• Your goal: The word "ghost" appears in some lines of the records below; state how many lines, and nothing else.

• Material to process:
..........

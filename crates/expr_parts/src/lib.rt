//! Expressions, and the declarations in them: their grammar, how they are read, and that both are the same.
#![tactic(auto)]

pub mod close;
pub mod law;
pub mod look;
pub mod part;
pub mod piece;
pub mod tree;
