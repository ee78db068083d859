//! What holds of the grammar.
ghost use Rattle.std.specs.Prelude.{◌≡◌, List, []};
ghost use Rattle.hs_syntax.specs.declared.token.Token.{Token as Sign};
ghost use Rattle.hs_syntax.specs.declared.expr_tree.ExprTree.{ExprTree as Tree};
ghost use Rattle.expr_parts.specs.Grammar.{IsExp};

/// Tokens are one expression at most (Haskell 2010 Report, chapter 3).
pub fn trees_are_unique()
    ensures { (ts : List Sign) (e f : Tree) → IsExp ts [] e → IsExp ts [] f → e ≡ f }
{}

..........

• Solution to this exercise: 4